## What you need to do
From the records below, work out how many lines contain "types". Reply with that number alone.

====

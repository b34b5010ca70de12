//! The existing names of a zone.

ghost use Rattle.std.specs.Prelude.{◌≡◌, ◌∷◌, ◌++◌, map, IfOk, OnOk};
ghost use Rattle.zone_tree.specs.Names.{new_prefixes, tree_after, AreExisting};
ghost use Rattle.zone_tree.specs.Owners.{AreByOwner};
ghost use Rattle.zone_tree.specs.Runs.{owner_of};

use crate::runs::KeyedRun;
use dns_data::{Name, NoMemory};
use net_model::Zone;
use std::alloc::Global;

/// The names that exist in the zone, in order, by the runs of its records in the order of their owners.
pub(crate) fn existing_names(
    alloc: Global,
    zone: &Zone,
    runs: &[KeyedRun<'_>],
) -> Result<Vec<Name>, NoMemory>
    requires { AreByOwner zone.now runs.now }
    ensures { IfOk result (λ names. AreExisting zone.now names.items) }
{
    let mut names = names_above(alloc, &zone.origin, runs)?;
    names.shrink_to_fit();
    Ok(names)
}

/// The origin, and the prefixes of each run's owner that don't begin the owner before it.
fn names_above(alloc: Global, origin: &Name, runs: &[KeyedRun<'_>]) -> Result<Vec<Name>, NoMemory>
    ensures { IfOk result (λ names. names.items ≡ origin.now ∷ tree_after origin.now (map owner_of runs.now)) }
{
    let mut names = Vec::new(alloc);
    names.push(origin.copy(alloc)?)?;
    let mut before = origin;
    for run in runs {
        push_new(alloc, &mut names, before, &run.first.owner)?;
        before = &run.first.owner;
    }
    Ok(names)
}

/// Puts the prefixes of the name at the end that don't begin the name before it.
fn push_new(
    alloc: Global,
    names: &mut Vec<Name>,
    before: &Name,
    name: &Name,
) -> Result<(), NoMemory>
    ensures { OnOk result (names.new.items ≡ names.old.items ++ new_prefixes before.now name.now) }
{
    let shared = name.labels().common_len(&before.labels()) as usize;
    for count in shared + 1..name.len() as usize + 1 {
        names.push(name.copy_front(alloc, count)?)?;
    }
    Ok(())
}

====

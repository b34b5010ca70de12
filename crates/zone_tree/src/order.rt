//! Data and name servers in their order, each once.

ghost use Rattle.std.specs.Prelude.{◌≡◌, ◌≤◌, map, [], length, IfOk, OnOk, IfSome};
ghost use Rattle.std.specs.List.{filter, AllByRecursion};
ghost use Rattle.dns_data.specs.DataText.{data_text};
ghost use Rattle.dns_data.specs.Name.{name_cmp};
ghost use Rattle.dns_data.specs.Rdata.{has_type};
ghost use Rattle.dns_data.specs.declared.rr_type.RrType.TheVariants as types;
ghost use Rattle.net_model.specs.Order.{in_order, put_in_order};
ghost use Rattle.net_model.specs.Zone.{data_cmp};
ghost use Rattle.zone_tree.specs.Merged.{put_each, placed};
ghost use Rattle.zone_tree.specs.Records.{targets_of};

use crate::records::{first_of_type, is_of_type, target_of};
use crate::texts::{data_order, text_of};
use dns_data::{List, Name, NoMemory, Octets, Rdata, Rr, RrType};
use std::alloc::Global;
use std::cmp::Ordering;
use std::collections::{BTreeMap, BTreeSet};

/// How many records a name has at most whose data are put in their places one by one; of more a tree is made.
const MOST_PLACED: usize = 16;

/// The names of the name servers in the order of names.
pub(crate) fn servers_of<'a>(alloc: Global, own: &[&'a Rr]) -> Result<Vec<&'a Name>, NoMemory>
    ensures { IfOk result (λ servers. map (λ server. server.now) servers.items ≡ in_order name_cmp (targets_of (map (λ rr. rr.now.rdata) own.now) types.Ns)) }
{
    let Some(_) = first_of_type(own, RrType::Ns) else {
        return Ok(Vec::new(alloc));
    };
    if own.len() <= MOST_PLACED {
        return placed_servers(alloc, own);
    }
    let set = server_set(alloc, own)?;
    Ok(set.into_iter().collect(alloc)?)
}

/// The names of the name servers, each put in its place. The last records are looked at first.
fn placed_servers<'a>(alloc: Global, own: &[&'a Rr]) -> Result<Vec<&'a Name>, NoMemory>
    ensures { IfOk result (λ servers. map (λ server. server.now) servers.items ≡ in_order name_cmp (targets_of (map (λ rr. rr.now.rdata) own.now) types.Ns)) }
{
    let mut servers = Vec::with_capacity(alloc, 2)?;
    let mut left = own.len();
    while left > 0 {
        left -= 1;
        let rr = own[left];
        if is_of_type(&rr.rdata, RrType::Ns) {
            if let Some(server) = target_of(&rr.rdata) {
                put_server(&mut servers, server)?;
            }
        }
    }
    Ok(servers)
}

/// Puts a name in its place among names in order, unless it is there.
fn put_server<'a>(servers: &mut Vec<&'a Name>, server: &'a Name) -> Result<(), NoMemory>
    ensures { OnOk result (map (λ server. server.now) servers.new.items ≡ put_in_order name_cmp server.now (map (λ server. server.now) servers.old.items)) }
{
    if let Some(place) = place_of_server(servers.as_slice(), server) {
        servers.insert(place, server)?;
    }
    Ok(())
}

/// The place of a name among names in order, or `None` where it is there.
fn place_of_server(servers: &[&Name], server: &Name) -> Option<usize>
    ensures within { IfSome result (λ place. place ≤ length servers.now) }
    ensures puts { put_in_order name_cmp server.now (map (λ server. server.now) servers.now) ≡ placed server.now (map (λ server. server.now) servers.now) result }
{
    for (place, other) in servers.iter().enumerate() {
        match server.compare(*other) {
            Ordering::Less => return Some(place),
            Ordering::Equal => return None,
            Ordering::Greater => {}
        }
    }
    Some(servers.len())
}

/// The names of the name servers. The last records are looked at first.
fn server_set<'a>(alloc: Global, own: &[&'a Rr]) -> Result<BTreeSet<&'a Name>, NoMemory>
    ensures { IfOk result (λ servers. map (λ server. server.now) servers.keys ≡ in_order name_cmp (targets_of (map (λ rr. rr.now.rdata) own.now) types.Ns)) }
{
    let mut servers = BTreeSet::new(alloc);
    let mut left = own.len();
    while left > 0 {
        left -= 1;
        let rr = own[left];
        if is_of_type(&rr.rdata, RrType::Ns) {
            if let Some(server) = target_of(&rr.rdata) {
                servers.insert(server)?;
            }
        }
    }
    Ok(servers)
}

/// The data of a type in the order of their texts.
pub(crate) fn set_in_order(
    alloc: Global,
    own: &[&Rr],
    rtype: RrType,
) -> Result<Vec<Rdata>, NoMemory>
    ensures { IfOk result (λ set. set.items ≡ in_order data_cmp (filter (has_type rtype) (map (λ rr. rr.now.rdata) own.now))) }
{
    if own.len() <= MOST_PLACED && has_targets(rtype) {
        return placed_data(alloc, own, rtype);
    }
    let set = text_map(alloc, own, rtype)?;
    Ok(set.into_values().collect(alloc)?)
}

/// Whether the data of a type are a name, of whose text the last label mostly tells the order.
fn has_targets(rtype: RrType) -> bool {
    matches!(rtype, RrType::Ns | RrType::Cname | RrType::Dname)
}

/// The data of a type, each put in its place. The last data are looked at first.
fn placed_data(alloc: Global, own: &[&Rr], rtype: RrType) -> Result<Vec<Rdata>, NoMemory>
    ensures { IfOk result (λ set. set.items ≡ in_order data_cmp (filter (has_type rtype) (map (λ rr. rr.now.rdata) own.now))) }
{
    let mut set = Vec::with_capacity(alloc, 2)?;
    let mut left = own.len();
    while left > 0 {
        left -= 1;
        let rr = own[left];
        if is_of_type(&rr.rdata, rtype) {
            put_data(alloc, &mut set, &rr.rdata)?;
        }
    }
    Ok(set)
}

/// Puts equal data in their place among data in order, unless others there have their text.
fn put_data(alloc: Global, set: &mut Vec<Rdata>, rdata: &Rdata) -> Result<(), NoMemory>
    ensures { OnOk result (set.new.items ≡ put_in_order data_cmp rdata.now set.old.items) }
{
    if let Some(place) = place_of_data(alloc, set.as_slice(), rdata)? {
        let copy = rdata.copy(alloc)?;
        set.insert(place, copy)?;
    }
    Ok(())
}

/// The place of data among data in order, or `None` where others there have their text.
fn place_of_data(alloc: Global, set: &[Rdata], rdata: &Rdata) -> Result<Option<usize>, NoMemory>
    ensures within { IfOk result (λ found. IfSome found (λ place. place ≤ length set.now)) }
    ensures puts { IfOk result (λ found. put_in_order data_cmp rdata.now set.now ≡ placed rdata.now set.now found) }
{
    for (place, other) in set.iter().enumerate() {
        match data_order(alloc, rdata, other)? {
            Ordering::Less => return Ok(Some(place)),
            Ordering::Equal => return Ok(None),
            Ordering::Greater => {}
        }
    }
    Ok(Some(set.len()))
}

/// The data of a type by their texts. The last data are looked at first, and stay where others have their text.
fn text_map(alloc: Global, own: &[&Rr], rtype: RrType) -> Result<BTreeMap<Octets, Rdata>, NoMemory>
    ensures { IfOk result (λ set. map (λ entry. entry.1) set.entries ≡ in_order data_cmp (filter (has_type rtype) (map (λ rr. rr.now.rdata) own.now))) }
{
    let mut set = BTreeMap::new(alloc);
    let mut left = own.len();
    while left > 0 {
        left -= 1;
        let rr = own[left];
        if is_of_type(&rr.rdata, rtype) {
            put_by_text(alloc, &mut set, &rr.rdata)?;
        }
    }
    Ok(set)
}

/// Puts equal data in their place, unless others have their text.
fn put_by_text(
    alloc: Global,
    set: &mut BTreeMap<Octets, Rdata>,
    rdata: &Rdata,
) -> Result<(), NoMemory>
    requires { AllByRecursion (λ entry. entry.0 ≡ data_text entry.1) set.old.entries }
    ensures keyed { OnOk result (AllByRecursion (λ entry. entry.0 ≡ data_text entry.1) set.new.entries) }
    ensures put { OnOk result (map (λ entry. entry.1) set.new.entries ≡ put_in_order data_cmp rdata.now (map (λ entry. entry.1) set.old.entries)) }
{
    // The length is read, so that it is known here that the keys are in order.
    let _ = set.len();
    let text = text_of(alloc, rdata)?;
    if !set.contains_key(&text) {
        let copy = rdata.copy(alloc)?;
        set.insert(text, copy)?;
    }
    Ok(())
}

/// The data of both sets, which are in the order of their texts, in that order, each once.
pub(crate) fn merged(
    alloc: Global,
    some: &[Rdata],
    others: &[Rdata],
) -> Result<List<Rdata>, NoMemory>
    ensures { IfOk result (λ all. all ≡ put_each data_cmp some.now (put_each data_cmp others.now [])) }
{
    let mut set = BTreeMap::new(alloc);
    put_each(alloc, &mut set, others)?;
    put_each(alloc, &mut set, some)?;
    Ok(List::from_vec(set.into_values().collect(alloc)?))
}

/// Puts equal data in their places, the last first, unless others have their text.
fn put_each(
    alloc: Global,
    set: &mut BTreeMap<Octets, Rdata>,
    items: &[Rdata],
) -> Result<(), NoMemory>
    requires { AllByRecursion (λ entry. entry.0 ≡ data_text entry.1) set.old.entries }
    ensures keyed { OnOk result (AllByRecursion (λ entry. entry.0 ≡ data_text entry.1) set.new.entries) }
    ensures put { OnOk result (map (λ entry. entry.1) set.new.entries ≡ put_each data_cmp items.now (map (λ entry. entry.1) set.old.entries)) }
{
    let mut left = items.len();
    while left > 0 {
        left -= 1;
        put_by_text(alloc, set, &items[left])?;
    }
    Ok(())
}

====

## Response to this task
4